Materials and Methods

Experimental Animals

Six-week-old female C57BL/6J mice were purchased from SiPeiFu Company (Beijing, China) and housed under appropriate temperature and humidity conditions with free access to food and water, maintaining a 12 h light/dark cycle. All animal experimental protocols were conducted in accordance with the guidelines of the National Institutes of Health for the care and use of laboratory animals and the ARRIVE guidelines. The research protocol was approved by the Laboratory Animal Ethics Committee of Wenzhou Medical University(approval number: wydw2024-0556).
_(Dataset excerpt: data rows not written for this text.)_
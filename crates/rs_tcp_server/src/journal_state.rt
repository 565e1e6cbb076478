//! How a journal fares, for whoever wants to tell of it.

use rs_journal::Error;
use rs_journal_writer::CommitOutcome;
use rs_metrics::{JournalMeter, JournalNumbers};
use std::fmt::{Display, Formatter};
use std::sync::atomic::{AtomicBool, AtomicU8, AtomicU64, Ordering};
use std::{fmt, io};

/// Whether the journal takes changes.
#[derive(Clone, Copy, Debug, PartialEq, Eq)]
pub(crate) enum Condition {
    /// It took the last one, and the one before.
    Taking,
    /// It took the last one, and refused the one before.
    Recovered,
    /// It refused the last one.
    Refusing,
    /// It takes no more: what is on the disk is not known.
    Failed,
}

/// A condition by its number.
fn condition_of(number: u8) -> Condition {
    if number == Condition::Recovered as u8 {
        Condition::Recovered
    } else if number == Condition::Refusing as u8 {
        Condition::Refusing
    } else {
        Condition::Taking
    }
}

/// Why the system refused something, as a number that threads can share: that of the system, or one of those below.
#[derive(Clone, Copy)]
pub(crate) struct Reason(u64);

const NO_MEMORY: u64 = 1 << 32;

const NO_NUMBERS: u64 = NO_MEMORY + 1;

const OTHER: u64 = NO_MEMORY + 2;

impl From<Error> for Reason {
    fn from(error: Error) -> Reason {
        match error {
            Error::Io(error) => Reason::from(error),
            Error::OutOfMemory => Reason(NO_MEMORY),
            Error::Full => Reason(NO_NUMBERS),
            _ => Reason(OTHER),
        }
    }
}

impl From<io::Error> for Reason {
    fn from(error: io::Error) -> Reason {
        match error.raw_os_error() {
            Some(code) => Reason(u64::from(code.unsigned_abs())),
            None => Reason(OTHER),
        }
    }
}

impl Display for Reason {
    fn fmt<W: fmt::Write>(&self, f: &mut Formatter<W>) -> fmt::Result {
        match self.0 {
            NO_MEMORY => f.write_str("out of memory"),
            NO_NUMBERS => f.write_str("the journal is full"),
            code => match i32::try_from(code) {
                Ok(code) => write!(f, "{}", io::Error::from_raw_os_error(code)),
                Err(_) => f.write_str("the files cannot be read or written"),
            },
        }
    }
}

/// The last time that the journal was shortened, or was not.
#[derive(Clone, Copy)]
pub(crate) struct Shortening {
    /// How many pages it had.
    pub(crate) before: u64,
    /// How many it has.
    pub(crate) after: u64,
    /// Why it was not, if it was not.
    pub(crate) refused: Option<Reason>,
}

/// How a journal fares. The writer's thread keeps it up, and the thread that syncs, if there is one. Whoever has it may look at any time, and
/// waits for nobody.
#[derive(Drop)]
pub struct JournalState {
    meter: JournalMeter,
    // A condition by its number: what the writer's thread knows.
    condition: AtomicU8,
    // Whether a sync failed, or a commit is in doubt. It stays so.
    failed: AtomicBool,
    // Why the last change was refused, and why it failed.
    refusal: AtomicU64,
    failure: AtomicU64,
    // Whether something was written since the last sync by a thread of its own.
    written: AtomicBool,
    // How often it was shortened, or was not, and of the last time the pages before and behind, and 0 or the reason.
    shortened: AtomicU64,
    before: AtomicU64,
    after: AtomicU64,
    not_shortened: AtomicU64,
}

impl JournalState {
    /// It takes changes.
    pub(crate) fn new(meter: JournalMeter) -> JournalState {
        JournalState {
            meter,
            condition: AtomicU8::new(Condition::Taking as u8),
            failed: AtomicBool::new(false),
            refusal: AtomicU64::new(0),
            failure: AtomicU64::new(0),
            written: AtomicBool::new(false),
            shortened: AtomicU64::new(0),
            before: AtomicU64::new(0),
            after: AtomicU64::new(0),
            not_shortened: AtomicU64::new(0),
        }
    }

    /// Whether it takes changes.
    pub(crate) fn condition(&self) -> Condition {
        if self.has_failed() {
            return Condition::Failed;
        }
        condition_of(self.condition.load(Ordering::SeqCst))
    }

    /// Whether it takes no more changes.
    pub(crate) fn has_failed(&self) -> bool {
        self.failed.load(Ordering::SeqCst)
    }

    /// Why the last change that it refused was refused.
    pub(crate) fn refusal(&self) -> Reason {
        Reason(self.refusal.load(Ordering::SeqCst))
    }

    /// Why it takes no more changes.
    pub(crate) fn failure(&self) -> Reason {
        Reason(self.failure.load(Ordering::SeqCst))
    }

    /// It takes no more changes, for this reason. Only the first counts.
    pub(crate) fn fail(&self, reason: Reason) {
        if self.has_failed() {
            return;
        }
        self.failure.store(reason.0, Ordering::SeqCst);
        self.failed.store(true, Ordering::SeqCst);
        self.meter.set_refusing();
    }

    fn set(&self, condition: Condition) {
        self.condition.store(condition as u8, Ordering::SeqCst);
    }

    /// A commit begins: whatever came of those before was told to whoever asked for them.
    pub(crate) fn begin(&self) {
        if condition_of(self.condition.load(Ordering::SeqCst)) == Condition::Recovered {
            self.set(Condition::Taking);
        }
    }

    /// A commit ended so.
    pub(crate) fn end(&self, outcome: &CommitOutcome) {
        self.written.store(true, Ordering::SeqCst);
        match outcome {
            CommitOutcome::Kept => {
                if self.condition() == Condition::Refusing {
                    self.set(Condition::Recovered);
                }
            }
            // The disk is not to blame.
            CommitOutcome::Refused(Error::OutOfMemory) => {}
            // A sync that failed while the log was copied has closed it.
            CommitOutcome::Refused(Error::Closed) => self.fail(Reason::from(Error::Closed)),
            CommitOutcome::Refused(error) => {
                self.refusal.store(Reason::from(*error).0, Ordering::SeqCst);
                self.set(Condition::Refusing);
            }
            CommitOutcome::Doubtful(error) => self.fail(Reason::from(*error)),
        }
    }

    /// Whether something was written since the last call.
    pub(crate) fn take_written(&self) -> bool {
        self.written.swap(false, Ordering::SeqCst)
    }

    /// The journal was shortened from so many pages to so many, or was not.
    pub(crate) fn shorten(&self, before: u32, outcome: &CommitOutcome, after: u32) {
        self.written.store(true, Ordering::SeqCst);
        let refused = match outcome {
            CommitOutcome::Kept => 0,
            CommitOutcome::Refused(error) => Reason::from(*error).0,
            CommitOutcome::Doubtful(error) => {
                self.fail(Reason::from(*error));
                return;
            }
        };
        self.before.store(u64::from(before), Ordering::SeqCst);
        self.after.store(u64::from(after), Ordering::SeqCst);
        self.not_shortened.store(refused, Ordering::SeqCst);
        self.shortened.fetch_add(1, Ordering::SeqCst);
    }

    /// How often it was shortened, or was not.
    pub(crate) fn shortenings(&self) -> u64 {
        self.shortened.load(Ordering::SeqCst)
    }

    /// The last time of these.
    pub(crate) fn shortening(&self) -> Shortening {
        let refused = self.not_shortened.load(Ordering::SeqCst);
        Shortening {
            before: self.before.load(Ordering::SeqCst),
            after: self.after.load(Ordering::SeqCst),
            refused: if refused == 0 {
                None
            } else {
                Some(Reason(refused))
            },
        }
    }

    /// Shows these numbers, if there are metrics.
    pub(crate) fn show(&self, numbers: JournalNumbers) {
        let is_refusing = match self.condition() {
            Condition::Taking | Condition::Recovered => false,
            Condition::Refusing | Condition::Failed => true,
        };
        self.meter.set(JournalNumbers {
            is_refusing,
            ..numbers
        });
        // It may have failed meanwhile.
        if self.has_failed() {
            self.meter.set_refusing();
        }
    }
}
Grouping and Treatment of Mice

Six-week-old female C57BL/6J mice were acclimatized for one week before exposure to UVB and undergoing bilateral ovariectomy (OVX) surgery. The mice were randomly divided into four groups (n=6 per group): Control, UVB, OVX, and UVB+OVX. For the OVX and UVB+OVX groups, estrogen deficiency was induced by OVX surgery. The specific procedure for the OVX surgery was as follows: The mice in the OVX and UVB+OVX groups were anesthetized using isoflurane (induction: 3%, maintenance: 1.5%) and fixed. The fur on both sides of the lower one-third of the back midline was shaved, and the surgery was performed. A 0.5 cm incision was made through the skin and dorsal muscle, revealing a shiny, whitish fat pad containing the ovaries. The fat pad was gently grasped with small forceps and pulled outside the incision. The fat pad was then separated, and the ovarian ligaments were tied with sutures and the ovaries were excised. Afterward, the uterus was returned to the abdominal cavity, and the incision was sutured. The ovaries on the other side were removed using the same method. For the Control and UVB groups, the same surgical procedure was performed, but the ovaries were not removed. One week after the surgery, the mice’s back hair was shaved using an electric razor. Subsequently, the backs of the UVB and UVB+OVX groups were exposed to a narrowband UVB light source (wavelength 290–320 nm, peak wavelength 312 nm, TL20 W/12). During the exposure, the mice were placed in a closed activity box and allowed to move freely, with the light source positioned 25 cm above the box. UVB irradiation was administered five times a week for eight weeks. At the end of the experiment, all mice were euthanized, and their back skin tissues and serum samples were collected for further analysis.

Histological Analysis

The mouse skin tissues were fixed in 10% formalin solution, embedded in paraffin, and sectioned into 5 μm thick slices. The sections were then stained with hematoxylin and eosin (H&E, Abcam) according to the standard protocol. To evaluate collagen deposition, skin tissue sections were stained using the Masson trichrome staining kit (Abcam) following the manufacturer’s instructions. All images were captured using an optical microscope.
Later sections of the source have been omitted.